Земля. Ленинград, 1942 год, конец апреля.
Тук-тук, тук-тук, тук-тук… Звук метронома, в этот час размеренный и неспешный, разливался рекой по улицам блокадного города. Неторопливый, мерный стук, подобный биению сердца давал понять горожанам, что сейчас на улицах относительно безопасно.
На сей раз Дева Судеб со своим спутником оказалась в весеннем Ленинграде, залитом ярким апрельским солнцем. Безоблачная погода здесь редкое явление. Вот и сейчас со стороны Финского залива по лазурной синеве города плыли пушистые бело-сизые облака, так похожие на сахарную вату.

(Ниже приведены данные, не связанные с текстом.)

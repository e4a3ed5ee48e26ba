ghost use Rattle.std.specs.Prelude.{◌+◌, ◌^◌};
ghost use Rattle.tape_types.specs.declared.moments.Moment.{Moment};
ghost use Rattle.tape_types.specs.declared.moments.Times.{Times};
ghost use Rattle.index_model.specs.Archive.{archive, archive_nodes, index_of, late_node, long_file, node_in_file};
ghost use Rattle.index_model.specs.Archive.{one_name, shared_byte, touching, two_notes, with_file};
ghost use Rattle.index_model.specs.Extents.{AreFiles};
ghost use Rattle.index_model.specs.declared.nodes.NodeKind.TheVariants as kinds;
ghost use Rattle.index_model.specs.Order.{AreInOrder};
ghost use Rattle.index_model.specs.Refusals.{IsToldOf};
ghost use Rattle.index_model.specs.declared.faults.Fault.TheVariants as faults;
ghost use Rattle.index_model.specs.Valid.{IsValid};

/// The archive is valid, and of each index that is damaged in one way that fault is told.
pub fn the_definitions_tell_valid_from_damaged()
    ensures valid { (at : Moment) (times : Times) → IsValid (archive at times) }
    ensures touching { (times : Times) → AreFiles (with_file times (kinds.File 5 touching)) }
    ensures late { (times : Times) → ¬ AreInOrder (late_node times) }
    ensures in_file { (times : Times) → ¬ AreInOrder (node_in_file times) }
    ensures highest { (at : Moment) (times : Times) →
        IsToldOf (index_of at (2 ^ 62 + 1) (archive_nodes times)) (faults.Uid (2 ^ 62 + 1)) }
    ensures uid { (at : Moment) (times : Times) → IsToldOf (index_of at 3 (archive_nodes times)) (faults.Uid 4) }
    ensures name { (at : Moment) (times : Times) → IsToldOf (index_of at 3 (one_name times)) (faults.SameName 2) }
    ensures key { (at : Moment) (times : Times) → IsToldOf (index_of at 2 (two_notes times)) (faults.SameKey 2) }
    ensures long { (at : Moment) (times : Times) → IsToldOf (index_of at 2 (long_file times)) (faults.Extent 2) }
    ensures overlap { (at : Moment) (times : Times) → IsToldOf (index_of at 2 (shared_byte times)) (faults.Overlap 2) }
{}
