ghost use Rattle.std.specs.Prelude.{◌≡◌, ℕ, ◌<◌, List, Some};
ghost use Rattle.index_model.specs.declared.faults.Fault.{Fault};
ghost use Rattle.index_model.specs.declared.indexes.Index.{Index};
ghost use Rattle.index_model.specs.declared.nodes.Node.{Node};
ghost use Rattle.index_model.specs.Order.{AreInOrder, LiesIn};
ghost use Rattle.index_model.specs.Places.{IsAt};
ghost use Rattle.index_model.specs.Refusals.{IsToldOf};
ghost use Rattle.index_model.specs.Valid.{Agrees};
ghost use Rattle.index_model.specs.Values.{IndexValue, Tells};

/// Of an index one fault is told, or none, which is where its nodes agree.
pub fn one_fault_is_told()
    ensures one { (index : Index) (a b : Fault) → IsToldOf index a → IsToldOf index b → a ≡ b }
    ensures agrees { (index : Index) (a : Fault) → IsToldOf index a → ¬ Agrees index }
    ensures no_fault { (index : Index) → ((a : Fault) → ¬ IsToldOf index a) → Agrees index }
{}

/// In the order of the document all that lies in a directory stands together, directly behind
/// it.
pub fn directories_stand_together()
    ensures { (nodes : List Node) (upper at later : ℕ) (node : Node) → AreInOrder nodes → upper < at → at < later →
        IsAt nodes later node → LiesIn nodes later upper → LiesIn nodes at upper }
{}

/// An index whose nodes stand in the order of the document tells one value.
pub fn indexes_tell_one_value()
    ensures some { (index : Index) → AreInOrder index.nodes → (v : IndexValue) × Tells index v }
    ensures one { (index : Index) (v w : IndexValue) → Tells index v → Tells index w → v ≡ w }
{}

Город пережил суровую, страшную зиму, взятый в смертоносное кольцо силами врага. Тогда с каждым днем становилось все сложней и горче, безнадежность и тоска опустились на Ленинград плотным саваном, через который не проникал даже скупой луч зимнего солнца. И без того скудные порции хлеба стали еще скуднее, лютые морозы отнимали последние силы у людей и крохи тепла в квартирах. Скованный льдами, израненный Ленинград, когда-то шумный, многоголосый и наполненный жизнью, теперь, казалось, остановился вместе со всеми, равнодушно и смиренно глядя в бездонные глаза смерти, которая тогда стала незваным гостем в квартирах и на улицах. Смерть, однажды придя в город, стала полноправной его хозяйкой, каждый день играя с людьми в жуткую лотерею на выживание.
По транспортным венам города больше не циркулировали троллейбусы и трамваи, что еще больше осложнило жизнь горожанам, и теперь путь от дома до работы или проруби в реке мог стать смертельным, забирая жалкие остатки сил. Демон войны, известный для смертных под именем Адольф Гитлер ликовал, все еще веря в свой скорый, как ему казалось, триумф. Пусть, не так, как он задумал изначально, пусть. «Сравнять город с землей!» - таков был приказ деспота. Людские страдания питали его силой, дарили энергию, и демоническое нутро кровавого палача удовлетворенно урчало, получая желаемое.
Но даже в это темное и невыносимо тяжелое время, когда казалось, что надежда вот-вот истает, как огарок свечи в луже горячего воска, сердце Ленинграда ни на минуту не замирало, продолжая упрямо биться вопреки всему, сквозь стужу и бессилие блокадных дней, удивляя своей непокорной стойкостью врага. Голод отбирает жизненные силы у тела, беспощадно гася их тлеющие искры, но он не может забрать волю к жизни. Сила воли у ленинградцев оказалась крепче, чем знакомый им с детства гранит. Город не сдался. Заплатив за это страшную цену, Ленинград не встал на колени и не склонил головы. Люди продолжали жить, даже чувствуя ледяное дыхание смерти в затылок и видя ее каждый день.
Александра, потеряв всех, кто был ей дорог, еще помнила родные улицы, окутанные роковой безысходностью и белым покрывалом снега, словно посмертным одеянием, по которым, подобно эфемерным призракам медленно брели люди, каждый по своим делам. Вот, кто-то замедлив шаг, покачнулся, словно сломанная фигурка в музыкальной карусели, и упал на студеную землю. День за днем тех, кто не вынес суровых, нечеловеческих условий существования, становилось все больше и больше. Все настолько привыкли к смерти вокруг, что уже переставали ее воспринимать, как что-то из ряда вон.